**Prompt:** For this listing, the lines between the one holding "mod earliest;" and the one holding "result ≤ KEY_SIZE", inclusive, must be set down exactly.
------ Data to use
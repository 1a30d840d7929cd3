// Each public call that opens or changes a store is a step of demand 3's lists, and whatever a program can hand to it is a value there. The functions here call
// the real ones, or are handed what these are handed; they have no `requires`, and ensure it. Nothing calls them.
// Kept (1): a list's calls, of which the theorems of demand 3 speak, have a yes or no beside a digest or an area, so that `.._is_value` is of every such pair.
// Kept (2): each function is of one call of the store, whose name it has.
// Kept (5): a clause could name what a struct of `&mut` leaves only by the numbers of its parts, as `t.exit.1.0.now`.
#![tactic(auto)]

ghost use Rattle.std.specs.Prelude.{ℕ, ◌<◌, ◌^◌, List, ◌≡◌, is_some, unwrap_or};
ghost use Rattle.data_model.specs.Path.{field};
ghost use Rattle.data_model.specs.Origin.{origin_session};
ghost use Rattle.key_laws.specs.Bytes.{Bytes};
ghost use Rattle.store.specs.Store.{tallied_of};
ghost use Rattle.store.specs.Open.{opened_says};
ghost use Rattle.store.specs.Ingest.{ingested_says};
ghost use Rattle.store.specs.Forget.{entry_forgotten_says, area_forgotten_says, digest_in};
ghost use Rattle.available.specs.Available.{available_says};
ghost use Rattle.pairs.specs.Pairs.{numbers_of, pruned_count};
ghost use Rattle.call_laws.specs.Calls.{IsValue, ingest, forget_entry, forget_area, record_available, forget_payload, ingest_verdict, number_verdict};
ghost use Rattle.call_laws.specs.Outcomes.{outcome, opens, outcome_of, opening_of};

use available::{forget_payload, record_available_length};
use data_model::answer::Refusal;
use data_model::area::Area;
use data_model::entry_origin::EntryOrigin;
use data_model::parameters::Subspace;
use data_model::path::Path;
use pairs::{NumbersIngested, Pair, ingest_entry_by_value};
use store::forget::{AreaForgotten, forget_area, forget_entry};
use store::ingest::{Ingested, Ingestion, ingest_entry_numbers};
use store::open::open;
use store::state::{LIMIT_MOST, State};

// `open` is what opens a list.
pub fn open_listed(
    namespace: [u8; 16],
    limit: usize,
    spt: &mut [u8],
    spt_dir: &mut [u32],
    tsp: &mut [u8],
    tsp_dir: &mut [u32],
    tally: &mut [u8],
) -> Result<State, Refusal>
    ensures { outcome_of (number_verdict (opened_says result).refusal) 0 (opened_says result).state spt.new spt_dir.new tsp.new tsp_dir.new tally.new ≡ opens field (opening_of namespace limit spt.old spt_dir.old tsp.old tsp_dir.old tally.old) }
{
    open(namespace, limit, spt, spt_dir, tsp, tsp_dir, tally)
}

// `ingest_entry_numbers` is an ingestion of a list.
pub fn numbers_listed(
    state: State,
    spt: &mut [u8],
    spt_dir: &mut [u32],
    tsp: &mut [u8],
    tsp_dir: &mut [u32],
    tally: &mut [u8],
    prune: &mut [u32],
    ingestion: Ingestion,
) -> Result<Ingested, Refusal>
    ensures { outcome_of (ingest_verdict (ingested_says state result).verdict) (pruned_count (ingested_says state result).verdict) (ingested_says state result).state spt.new spt_dir.new tsp.new tsp_dir.new tally.new ≡ outcome field (tallied_of state spt.old spt_dir.old tsp.old tsp_dir.old tally.old) (ingest (record { prune = prune.entry.now; handed = ingestion })) }
{
    ingest_entry_numbers(state, spt, spt_dir, tsp, tsp_dir, tally, prune, ingestion)
}

// `pairs::ingest_entry`, as `ingest_entry_by_value` calls it, is an ingestion of a list: the prune list is the pairs' numbers.
pub fn pairs_listed(
    state: State,
    spt: &mut [u8],
    spt_dir: &mut [u32],
    tsp: &mut [u8],
    tsp_dir: &mut [u32],
    tally: &mut [u8],
    pairs: [Pair; LIMIT_MOST],
    ingestion: Ingestion,
) -> NumbersIngested
    ensures { outcome_of (ingest_verdict (ingested_says state result.ingested).verdict) (pruned_count (ingested_says state result.ingested).verdict) (ingested_says state result.ingested).state spt.new spt_dir.new tsp.new tsp_dir.new tally.new ≡ outcome field (tallied_of state spt.old spt_dir.old tsp.old tsp_dir.old tally.old) (ingest (record { prune = numbers_of pairs; handed = ingestion })) }
{
    ingest_entry_by_value(state, spt, spt_dir, tsp, tsp_dir, tally, pairs, ingestion)
}

// `forget_entry` is a forgetting of a list.
pub fn entry_listed(
    state: State,
    spt: &mut [u8],
    spt_dir: &mut [u32],
    tsp: &mut [u8],
    tsp_dir: &mut [u32],
    tally: &mut [u8],
    subspace: Subspace,
    path: Path,
    expected: Option<[u8; 32]>,
) -> Result<State, Refusal>
    ensures { outcome_of (number_verdict (entry_forgotten_says state result).refusal) 0 (entry_forgotten_says state result).state spt.new spt_dir.new tsp.new tsp_dir.new tally.new ≡ outcome field (tallied_of state spt.old spt_dir.old tsp.old tsp_dir.old tally.old) (forget_entry (record { subspace = subspace; path = path; expects = is_some expected; digest = digest_in expected })) }
{
    forget_entry(
        state, spt, spt_dir, tsp, tsp_dir, tally, subspace, path, expected,
    )
}

// `record_available_length` is a recording of a list, whatever the tally, which it is not lent and which stays.
pub fn recording_listed(
    state: State,
    spt: &mut [u8],
    spt_dir: &[u32],
    tsp: &mut [u8],
    tsp_dir: &[u32],
    subspace: Subspace,
    path: Path,
    expected: Option<[u8; 32]>,
    available: u64,
) -> Result<(), Refusal>
    ensures { (tally : List ℕ) → outcome_of (number_verdict (available_says state result).refusal) 0 (available_says state result).state spt.new spt_dir.now tsp.new tsp_dir.now tally ≡ outcome field (tallied_of state spt.old spt_dir.now tsp.old tsp_dir.now tally) (record_available (record { target = record { subspace = subspace; path = path; expects = is_some expected; digest = digest_in expected }; available = available })) }
{
    record_available_length(
        state, spt, spt_dir, tsp, tsp_dir, subspace, path, expected, available,
    )
}

// `forget_payload` is one of a list, whatever the tally, which it is not lent and which stays.
pub fn payload_listed(
    state: State,
    spt: &mut [u8],
    spt_dir: &[u32],
    tsp: &mut [u8],
    tsp_dir: &[u32],
    subspace: Subspace,
    path: Path,
    expected: Option<[u8; 32]>,
) -> Result<(), Refusal>
    ensures { (tally : List ℕ) → outcome_of (number_verdict (available_says state result).refusal) 0 (available_says state result).state spt.new spt_dir.now tsp.new tsp_dir.now tally ≡ outcome field (tallied_of state spt.old spt_dir.now tsp.old tsp_dir.now tally) (forget_payload (record { subspace = subspace; path = path; expects = is_some expected; digest = digest_in expected })) }
{
    forget_payload(state, spt, spt_dir, tsp, tsp_dir, subspace, path, expected)
}

// `forget_area` is a forgetting of a list.
pub fn area_listed(
    state: State,
    spt: &mut [u8],
    spt_dir: &mut [u32],
    tsp: &mut [u8],
    tsp_dir: &mut [u32],
    tally: &mut [u8],
    area: Area,
    protected: Option<Area>,
) -> Result<AreaForgotten, Refusal>
    ensures { outcome_of (number_verdict (area_forgotten_says state result).refusal) (area_forgotten_says state result).forgotten (area_forgotten_says state result).state spt.new spt_dir.new tsp.new tsp_dir.new tally.new ≡ outcome field (tallied_of state spt.old spt_dir.old tsp.old tsp_dir.old tally.old) (forget_area (record { area = area; protects = is_some protected; protected = unwrap_or protected area })) }
{
    forget_area(state, spt, spt_dir, tsp, tsp_dir, tally, area, protected)
}

fn yes() -> bool {
    true
}

// Whether a slice's numbers are below 256: they are.
fn is_bytes(s: &[u8]) -> bool
    ensures { Bytes s.now }
{
    yes()
}

// Whether an origin's session is a number of 64 bits: it is.
fn session_is_number(origin: EntryOrigin) -> bool
    ensures { origin_session origin < 2 ^ 64 }
{
    origin.session() <= 0xffff_ffff_ffff_ffff
}

// Whether what an ingestion is handed is a value: it is, whatever the prune list.
pub fn ingestion_is_value(ingestion: Ingestion) -> bool
    ensures { (prune : List ℕ) → IsValue field (ingest (record { prune = prune; handed = ingestion })) }
{
    session_is_number(ingestion.origin) & is_bytes(&ingestion.entry.path.bytes)
}

// Whether what the forgetting of an entry is handed is a value: it is.
pub fn entry_forgetting_is_value(
    subspace: Subspace,
    path: Path,
    expects: bool,
    digest: [u8; 32],
) -> bool
    ensures { IsValue field (forget_entry (record { subspace = subspace; path = path; expects = expects; digest = digest })) }
{
    true
}

// Whether what the forgetting of an area is handed is a value: it is.
pub fn area_forgetting_is_value(area: Area, protects: bool, protected: Area) -> bool
    ensures { IsValue field (forget_area (record { area = area; protects = protects; protected = protected })) }
{
    true
}

// Whether what a recording, or the forgetting of one, is handed is a value: it is.
pub fn recording_is_value(
    subspace: Subspace,
    path: Path,
    expects: bool,
    digest: [u8; 32],
    available: u64,
) -> bool
    ensures value { IsValue field (record_available (record { target = record { subspace = subspace; path = path; expects = expects; digest = digest }; available = available })) }
    ensures value_2 { IsValue field (forget_payload (record { subspace = subspace; path = path; expects = expects; digest = digest })) }
{
    true
}
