// Policies: what decides, among the occurrences that a sweep finds, which one is replaced.
ghost use Rattle.std.specs.Prelude.{◌≡◌, ℕ, List};
ghost use Rattle.search.specs.Policy.{PolicyMeaning, TakesFirst};

// What a policy is shown of an occurrence: the gates that it saves, its first place, and the number of its template.
#[derive(Clone, Copy, PartialEq, Eq, Debug)]
pub struct Shown {
    pub saved: usize,
    pub place: usize,
    pub template: usize,
}

// What a policy says to an occurrence: leave it, take it in place of the one taken before, or take it and look no further.
#[derive(Clone, Copy, PartialEq, Eq, Debug)]
pub enum Reply {
    Leave,
    Take,
    Close,
}

// A policy keeps some numbers; what it says, and what it keeps then, follow from these and from what it is shown.
pub trait Policy {
    ghost rule: { PolicyMeaning };

    ghost kept: { Self → List ℕ };

    // Forgets all that was shown.
    fn clear(&mut self)
        ensures { kept self.new ≡ rule.cleared };

    // Says what to do with one more occurrence.
    fn show(&mut self, shown: Shown) -> Reply
        ensures says { result ≡ rule.reply (kept self.old) shown }
        ensures keeps { kept self.new ≡ rule.next (kept self.old) shown };

    ghost takes_first: { TakesFirst rule };
}
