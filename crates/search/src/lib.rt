// Policies, and the search that shows a policy all keys that occur, in rank order.
#![tactic(auto)]

mod branch;
pub mod candidates;
mod earliest;
mod key;
mod largest;
mod policies;
mod policy;
mod showing;
mod walk;

pub use earliest::Earliest;
pub use key::{KEY_SIZE, Key};
pub use largest::Largest;
pub use policies::policy_laws;
pub use policy::{Policy, Reply, Shown};
pub use walk::{Found, Problem, choose};
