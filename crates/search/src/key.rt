// Keys: lists of numbers, by which what is searched for is named and ranked.
ghost use Rattle.std.specs.Prelude.{◌≡◌, ◌≤◌, [], length, slice_index};
ghost use Rattle.search.specs.Keys.{keyed, with_number};

use fixed_list::FixedList;

// How many numbers a key can have.
pub const KEY_SIZE: usize = 24;

// A list of at most `KEY_SIZE` numbers.
#[derive(Clone, Copy)]
pub struct Key {
    numbers: FixedList<u16, KEY_SIZE>,
}

impl Key {
    // The key of no numbers.
    pub(crate) fn new() -> Key
        ensures { keyed result ≡ [] }
    {
        Key {
            numbers: FixedList::new(0),
        }
    }

    // The numbers, in order.
    pub fn as_slice(&self) -> &[u16]
        ensures is { result.now ≡ keyed self.now }
        ensures few { length result.now ≤ KEY_SIZE }
    {
        self.numbers.as_slice()
    }

    // How many numbers the key has.
    pub fn len(&self) -> usize
        ensures is { result ≡ length (keyed self.now) }
        ensures few { result ≤ KEY_SIZE }
        ensures wide { length self.now.numbers.items ≡ KEY_SIZE }
    {
        self.numbers.len()
    }

    // The number at that place; 0 where there is none.
    pub fn at(&self, place: usize) -> u16
        ensures { result ≡ slice_index (keyed self.now) place }
    {
        self.as_slice().get(place).copied().unwrap_or(0)
    }

    // The key with one number more; a full key stays as it is.
    pub(crate) fn with(&self, number: u16) -> Key
        ensures { keyed result ≡ with_number (keyed self.now) number }
    {
        let mut longer = *self;
        let _ = longer.numbers.push(number);
        longer
    }
}
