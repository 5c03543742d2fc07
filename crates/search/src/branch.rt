// Branches of the search: the keys that begin with one first number.
ghost use Rattle.std.specs.Prelude.{◌≡◌, ◌<◌, false, length};
ghost use Rattle.std.specs.Bool.{then_some};
ghost use Rattle.search.specs.Keys.{key_size, keyed};
ghost use Rattle.search.specs.Listing.{Covers, Whole};
ghost use Rattle.search.specs.Prefixes.{FitsBranch};

use super::{KEY_SIZE, Key, Problem, Shown};

// What is searched, and what was worked out once for a first number.
// The note and the key of a prefix are lent beside it: a struct that kept their address would have them copied at every step.
#[derive(Drop)]
pub(crate) struct Branch<'a, Q: Problem> {
    pub(crate) problem: &'a Q,
    pub(crate) start: &'a Q::Start,
}

impl<'a, Q: Problem> Branch<'a, Q> {
    // Whether no longer key occurs.
    pub(crate) fn is_last(&self, note: &Q::Note, key: &Key) -> bool
        ensures whole { FitsBranch Q.Problem self.now key.now note.now → Whole (Q.test self.now.problem.now) (keyed key.now) result }
        ensures room { result ≡ false → length (keyed key.now) < key_size }
    {
        key.len() == KEY_SIZE || self.problem.is_whole(self.start, note, key)
    }

    // A set that has the next number of every longer key that occurs.
    pub(crate) fn candidates(&self, note: &Q::Note, key: &Key) -> u64
        ensures { FitsBranch Q.Problem self.now key.now note.now → Covers (Q.test self.now.problem.now) (keyed key.now) result }
    {
        self.problem.candidates(self.start, note, key)
    }

    // What a policy is shown of the key, if it occurs.
    pub(crate) fn shown(&self, note: &Q::Note, key: &Key) -> Option<Shown>
        ensures { FitsBranch Q.Problem self.now key.now note.now
            → result ≡ then_some (Q.test self.now.problem.now (keyed key.now)) (Q.view self.now.problem.now (keyed key.now)) }
    {
        self.problem
            .occurs(self.start, note, key)
            .then(|| self.problem.shown(self.start, note, key))
    }
}
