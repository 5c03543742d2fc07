// The policy that takes the first occurrence.
ghost use Rattle.std.specs.Prelude.{[]};
ghost use Rattle.search.specs.Policies.{earliest};
ghost use Rattle.std.proofs.Common.{rules};

use super::{Policy, Reply, Shown};

// Takes the first occurrence that it is shown, and looks no further.
#[derive(Clone, Copy, Debug)]
pub struct Earliest {}

impl Policy for Earliest {
    ghost rule = { earliest };

    ghost kept = { λ _. [] };

    ghost takes_first = { Prim.search rules };

    fn clear(&mut self) {}

    fn show(&mut self, _shown: Shown) -> Reply {
        Reply::Close
    }
}
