// Sets of numbers below 64, as a step of the search takes them: number i is in the set where the bit of weight 2^i is 1.
// A set is a plain `u64`: a struct around it would have to write anew the `&` and `|` by which problems put sets together.
ghost use Rattle.std.specs.Prelude.{◌≡◌, ℕ, ◌<◌, ◌||◌, ◌==◌, List, nat_lt};
ghost use Rattle.std.specs.Iterator.{YieldsFirst, item_count};
ghost use Rattle.gates.specs.Lines.{bit};
ghost use Rattle.search.specs.Sets.{numbers_in};

use std::marker::Model;

// The set with one number more; one from 64 on is in no set. In 64 bits, since a next number can be above 31.
pub fn with_number(set: u64, number: usize) -> u64
    ensures { (i : ℕ) → i < 64 → bit result i ≡ (i == number || bit set i) }
{
    if number < 64 {
        set | (1 << number)
    } else {
        set
    }
}

// The numbers below `count`.
pub fn numbers_below(count: usize) -> u64
    ensures { (i : ℕ) → i < 64 → bit result i ≡ nat_lt i count }
{
    if count < 64 {
        (1 << count) - 1
    } else {
        u64::MAX
    }
}

// The numbers of a set, in rising order.
#[derive(Drop)]
pub struct Numbers {
    rest: u64,
}

impl Model for Numbers {
    ghost Value = { List ℕ };

    ghost view = { λ numbers. numbers_in numbers.rest };
}

impl Numbers {
    // Those of the set.
    pub fn of(set: u64) -> Numbers
        ensures { result ≡ numbers_in set }
    {
        Numbers { rest: set }
    }
}

impl Iterator for Numbers {
    type Item = u16;

    ghost next_gives = { YieldsFirst (λ rest. rest) };

    ghost remaining = { item_count (λ rest. rest) };

    // The lowest number that is left, which is taken out.
    fn next(&mut self) -> Option<u16> {
        if self.rest == 0 {
            return None;
        }
        let lowest = self.rest.trailing_zeros();
        self.rest ^= 1 << lowest;
        Some(lowest as u16)
    }
}
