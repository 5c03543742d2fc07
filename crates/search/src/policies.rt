// What the policies single out.
ghost use Rattle.search.specs.Policies.{PolicyLaws};

// Of the occurrences that they are shown in order, one policy singles out the first, the other the first of those that save most.
pub fn policy_laws()
    ensures { PolicyLaws }
{}
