// What is searched for, and what a policy singles out of all keys that occur.
ghost use Rattle.std.specs.Prelude.{◌≡◌, ℕ, ◌<◌, ◌≤◌, Bool, true, false, List, [], length, Decides};
ghost use Rattle.search.specs.declared.policy.Shown.{Shown};
ghost use Rattle.search.specs.Keys.{key_size, keyed, number_limit};
ghost use Rattle.search.specs.Listing.{Chosen, Covers, FitsAt, FitsKey, FoundLowest, NotedNext, StartsBelow, StartsFrom, Whole, found_key};

use super::showing::Showing;
use super::{Key, Policy, Shown};

// What a search found: the key that the policy singled out, and the least first number of all keys that occur.
#[derive(Clone, Copy)]
pub struct Found {
    pub key: Key,
    pub lowest: usize,
}

// What is searched for: the keys that are `occurring`, which `test` decides.
// A method is handed the parts of a prefix one by one: most use one or two, which a struct would spell `prefix.key`.
pub trait Problem {
    // What is worked out once for a first number, and serves all keys that begin with it.
    type Start: Drop;

    // What is worked out once for a prefix, and serves all keys that begin with it.
    type Note: Drop;

    // What has to hold of what is searched, so that the search is right.
    ghost sound: { Self → Type 0 };

    // The keys that occur.
    ghost occurring: { Self → List ℕ → Type 0 };

    // The test that decides it.
    ghost test: { Self → List ℕ → Bool };

    ghost decides: { (s : Self) → sound s → (k : List ℕ) → Decides (test s k) (occurring s k) };

    ghost formed: { (s : Self) → sound s → FitsKey (test s) key_size number_limit };

    // What a policy is shown of a key.
    ghost view: { Self → List ℕ → Shown };

    // What is known of the note of a first number, and of the note of a prefix.
    ghost started: { Self → ℕ → Self.Start → Type 0 };

    ghost noted: { Self → List ℕ → Self.Note → Type 0 };

    // A number that is above the first number of every key that occurs.
    fn starts(&self) -> usize
        ensures covers { sound self.now → StartsBelow (test self.now) result }
        ensures few { result ≤ number_limit };

    // The note of a first number.
    fn start(&self, first: u16) -> Self::Start
        ensures { sound self.now → started self.now first result };

    // The note of the prefix of no numbers.
    fn blank(&self) -> Self::Note
        ensures { sound self.now → noted self.now [] result };

    // The note of a key, by the note of the key without its last number.
    fn note(&self, start: &Self::Start, above: &Self::Note, key: &Key) -> Self::Note
        ensures { NotedNext (sound self.now) (started self.now) (noted self.now) (keyed key.now)
            start.now above.now result };

    // Whether the key is whole: none that occurs is longer.
    fn is_whole(&self, start: &Self::Start, note: &Self::Note, key: &Key) -> bool
        ensures { FitsAt sound started noted self.now key.now start.now note.now
            → Whole (test self.now) (keyed key.now) result };

    // A set that has the next number of every longer key that occurs.
    fn candidates(&self, start: &Self::Start, note: &Self::Note, key: &Key) -> u64
        ensures { FitsAt sound started noted self.now key.now start.now note.now
            → Covers (test self.now) (keyed key.now) result };

    // Whether the key occurs.
    fn occurs(&self, start: &Self::Start, note: &Self::Note, key: &Key) -> bool
        ensures { FitsAt sound started noted self.now key.now start.now note.now
            → result ≡ test self.now (keyed key.now) };

    // What a policy is shown of the key.
    fn shown(&self, start: &Self::Start, note: &Self::Note, key: &Key) -> Shown
        ensures { FitsAt sound started noted self.now key.now start.now note.now
            → result ≡ view self.now (keyed key.now) };
}

// What the policy, cleared, singles out of all that occurs, where what is searched is sound and no key that occurs begins
// with a number below `from`.
pub fn choose<Q: Problem, P: Policy>(problem: &Q, policy: &mut P, from: usize) -> Option<Found>
    ensures chosen { Q.sound problem.now → StartsFrom (Q.occurring problem.now) from
        → Chosen (Q.occurring problem.now) (Q.view problem.now) P.rule
        (found_key result) (P.kept policy.new) }
    ensures lowest { Q.sound problem.now → StartsFrom (Q.occurring problem.now) from
        → FoundLowest (Q.occurring problem.now) result }
{
    let mut showing = Showing::new(policy);
    let lowest = showing.search(problem, from);
    showing.taken.map(|key| Found { key, lowest })
}
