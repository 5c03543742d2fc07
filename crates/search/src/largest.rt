// The policy that takes an occurrence that saves most.
ghost use Rattle.std.specs.Prelude.{◌≡◌};
ghost use Rattle.search.specs.Policies.{largest, listed_number};
ghost use Rattle.std.proofs.Common.{rules};

use super::{Policy, Reply, Shown};

// Takes the first occurrence that it is shown, and then only one that saves more than all before it.
#[derive(Clone, Copy, Debug)]
pub struct Largest {
    // What the occurrence that was taken saves; nothing where none was.
    best: Option<usize>,
}

impl Largest {
    // The policy, with nothing taken.
    pub fn new() -> Largest
        ensures { listed_number result.best ≡ largest.cleared }
    {
        Largest { best: None }
    }
}

impl Policy for Largest {
    ghost rule = { largest };

    ghost kept = { λ policy. listed_number policy.best };

    ghost takes_first = { Prim.search rules };

    fn clear(&mut self) {
        self.best = None;
    }

    fn show(&mut self, shown: Shown) -> Reply {
        if self.best.is_some_and(|best| shown.saved <= best) {
            return Reply::Leave;
        }
        self.best = Some(shown.saved);
        Reply::Take
    }
}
------------
**Result of the task:**
mod earliest;
mod key;
mod largest;
mod policies;
mod policy;
mod showing;
mod walk;

pub use earliest::Earliest;
pub use key::{KEY_SIZE, Key};
pub use largest::Largest;
pub use policies::policy_laws;
pub use policy::{Policy, Reply, Shown};
pub use walk::{Found, Problem, choose};
filename crates/search/src/key.rt
// Keys: lists of numbers, by which what is searched for is named and ranked.
ghost use Rattle.std.specs.Prelude.{◌≡◌, ◌≤◌, [], length, slice_index};
ghost use Rattle.search.specs.Keys.{keyed, with_number};

use fixed_list::FixedList;

// How many numbers a key can have.
pub const KEY_SIZE: usize = 24;

// A list of at most `KEY_SIZE` numbers.
#[derive(Clone, Copy)]
pub struct Key {
    numbers: FixedList<u16, KEY_SIZE>,
}

impl Key {
    // The key of no numbers.
    pub(crate) fn new() -> Key
        ensures { keyed result ≡ [] }
    {
        Key {
            numbers: FixedList::new(0),
        }
    }

    // The numbers, in order.
    pub fn as_slice(&self) -> &[u16]
        ensures is { result.now ≡ keyed self.now }
        ensures few { length result.now ≤ KEY_SIZE }
    {
        self.numbers.as_slice()
    }

    // How many numbers the key has.
    pub fn len(&self) -> usize
        ensures is { result ≡ length (keyed self.now) }
        ensures few { result ≤ KEY_SIZE }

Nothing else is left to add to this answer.